Çiftçinin ailesiyle birlikte kente göç etmesinde işini büyütememesinin önemli bir neden olduğuna dikkat çeken Ertürk, yeni yatırımlar yapamamasının en önemli sebebinin de sermaye eksikliği olduğunu belirtti. Kırsal alanda yeni yatırımlar için önemli bir finansman açığı bulunduğunun altını çizen Ertürk, bu alanda Gıda, Tarım ve Hayvancılık Bakanlığı’nın önemli adımlar attığını söyleyerek ‘Aile Çiftçiliği Bankacılığı’ kapsamında hibe dışı projelere de finansman sağlayacaklarını söyledi.
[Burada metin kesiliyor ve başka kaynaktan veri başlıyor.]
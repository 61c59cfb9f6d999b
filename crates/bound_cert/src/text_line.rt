// The lines of a certificate's text.
use crate::heading::Answer;

/// What a line says, with its sets where they stand in the text.
#[derive(Clone, Copy, Debug)]
pub enum TextLine<'a> {
    Title {
        version: u8,
    },
    Span {
        low: u64,
        high: u64,
    },
    Pinned {
        go: &'a [u8],
        stay: &'a [u8],
    },
    Answered(Answer),
    Planned {
        set: &'a [u8],
        migrated: u64,
        replicated: u64,
    },
    NoPlan,
    Bounded {
        bound: u64,
    },
    NoBound,
    Branch {
        file: u32,
        first: &'a [u8],
        second: &'a [u8],
        alpha: u64,
        beta: u64,
    },
    Low,
    High,
    Leaf {
        p: u64,
        q: u64,
        gives: u32,
    },
    Give {
        class: u32,
        file: u32,
        charge: u128,
        reward: u128,
    },
    End,
}
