// The nodes of a document's tree, from their lines.
ghost use Rattle.std.specs.Prelude.{◌≡◌, ◌≢◌, ◌<◌, ◌≤◌, ◌++◌, ◌∷◌, [], IfOk, IsTrue, ◌↔◌, All, length, drop, map};
ghost use Rattle.std.specs.List.{flat_map};
ghost use Rattle.bound_cert.specs.Lines.{End, entry_of};
ghost use Rattle.bound_cert.specs.Grammar.{LeadsOnNodes, LeadsOnGives, IsGiveLine, entries_of};
ghost use Rattle.bound_cert.specs.Documents.{node_entries, give_entry};

use crate::heading_reading::first_of;
use crate::multipliers::{Give, Gives, Multipliers};
use crate::node_line::{NodeLine, NodeLines};
use crate::set_text::SetText;
use crate::text_line::TextLine;
use seed_model::NoMemory;
use std::alloc::Global;

// The nodes that lines are, up to `end`.
pub(crate) fn nodes_of(alloc: Global, lines: &[TextLine<'_>]) -> Result<NodeLines, NoMemory>
    requires { LeadsOnNodes (entries_of lines.now) }
    ensures { IfOk result (λ nodes. entries_of lines.now ≡ flat_map node_entries nodes ++ End ∷ []) }
{
    let mut nodes = Vec::new(alloc);
    let mut place = 0;
    while !is_end(&lines[place..]) {
        let (node, count) = node_of(alloc, &lines[place..])?;
        nodes.push(node)?;
        place += count;
    }
    Ok(NodeLines::new(nodes))
}

// Whether no node is left.
fn is_end(lines: &[TextLine<'_>]) -> bool
    requires { LeadsOnNodes (entries_of lines.now) }
    ensures { IsTrue result ↔ (entries_of lines.now ≡ End ∷ []) }
{
    let (line, _) = first_of(lines);
    matches!(line, TextLine::End)
}

// The node at the front of lines, and the number of its lines.
fn node_of(alloc: Global, lines: &[TextLine<'_>]) -> Result<(NodeLine, usize), NoMemory>
    requires nodes { LeadsOnNodes (entries_of lines.now) }
    requires more { entries_of lines.now ≢ End ∷ [] }
    ensures some { IfOk result (λ x. 0 < x.1) }
    ensures within { IfOk result (λ x. x.1 ≤ length lines.now) }
    ensures lines { IfOk result (λ x. entries_of lines.now ≡ node_entries x.0 ++ entries_of (drop x.1 lines.now)) }
    ensures nodes { IfOk result (λ x. LeadsOnNodes (entries_of (drop x.1 lines.now))) }
{
    let (line, rest) = first_of(lines);
    match line {
        TextLine::Branch {
            file,
            first,
            second,
            alpha,
            beta,
        } => {
            let first = SetText::new(Vec::from_slice(alloc, first)?);
            let second = SetText::new(Vec::from_slice(alloc, second)?);
            let node = NodeLine::Branch {
                file,
                first,
                second,
                alpha,
                beta,
            };
            Ok((node, 1))
        }
        TextLine::Low => Ok((NodeLine::Low, 1)),
        TextLine::High => Ok((NodeLine::High, 1)),
        TextLine::Leaf { p, q, gives } => {
            let count = gives as usize;
            let gives = gives_of(alloc, count, rest)?;
            Ok((NodeLine::Leaf(Multipliers { p, q, gives }), count + 1))
        }
        _ => unreachable!(),
    }
}

// So many gives at the front of lines.
fn gives_of(alloc: Global, count: usize, lines: &[TextLine<'_>]) -> Result<Gives, NoMemory>
    requires { LeadsOnGives count (entries_of lines.now) }
    ensures within { IfOk result (λ g. count ≤ length lines.now) }
    ensures many { IfOk result (λ g. length g ≡ count) }
    ensures lines { IfOk result (λ g. entries_of lines.now ≡ map give_entry g ++ entries_of (drop count lines.now)) }
    ensures nodes { IfOk result (λ g. LeadsOnNodes (entries_of (drop count lines.now))) }
{
    let gives = give_list(alloc, &lines[..count])?;
    Ok(Gives::new(gives))
}

// The gives that lines are.
fn give_list(alloc: Global, lines: &[TextLine<'_>]) -> Result<Vec<Give>, NoMemory>
    requires { All IsGiveLine lines.now }
    ensures { IfOk result (λ v. map give_entry v.items ≡ entries_of lines.now) }
{
    let mut gives = Vec::new(alloc);
    for line in lines {
        gives.push(give_of(*line))?;
    }
    Ok(gives)
}

// The give that a line is.
fn give_of(line: TextLine<'_>) -> Give
    requires { IsGiveLine line }
    ensures { give_entry result ≡ entry_of line.entry }
{
    let TextLine::Give {
        class,
        file,
        charge,
        reward,
    } = line
    else {
        unreachable!()
    };
    Give {
        class,
        file,
        charge,
        reward,
    }
}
Ertürk, konuyla ilgili şöyle konuştu:
“Besicilikten süt hayvancılığına, et tavukçuluğundan meyveciliğe uzanan tüm kırsal yatırım projelerini 10 yıl vadeli ve sabit faiz oranlı Kırsal Kalkınmaya Destek Kredisi ile finanse ediyoruz.”
“Şekerbank tedarikçilerle çiftçinin yerine pazarlık ediyor”
Türkiye’de tarımın en önemli sorunlarından birini de kolektif hareket edilememesinden kaynaklanan yüksek girdi maliyetlerinin oluşturduğuna dikkat çeken Ertürk, banka olarak belli başlı tedarikçilerle çiftçiler adına pazarlık yapacaklarını da duyurdu. Ertürk, “Küçük aile çiftçileri tek başlarına ürünün fiyatını belirleyemiyor ve pazara erişemiyorlar. Bu açığı biz Şekerbank olarak, mazottan gübreye tüm tedarik ağı ile çiftçi müşterilerimiz yerine pazarlık ederek kapatıyoruz” diyen Ertürk, şöyle konuştu: “Çiftçimiz tüm tarımsal ihtiyaçlarını Şekerbank’ın daha önce çiftçiler için anlaştığı tedarikçilerden karşılayıp, ödemesini hasat zamanı yapabiliyor. Ayrıca çiftçi müşterilerimiz limitleri dahilinde, dilerlerse 7/24 tüm ATM’lerden nakit çekim yapabiliyor.”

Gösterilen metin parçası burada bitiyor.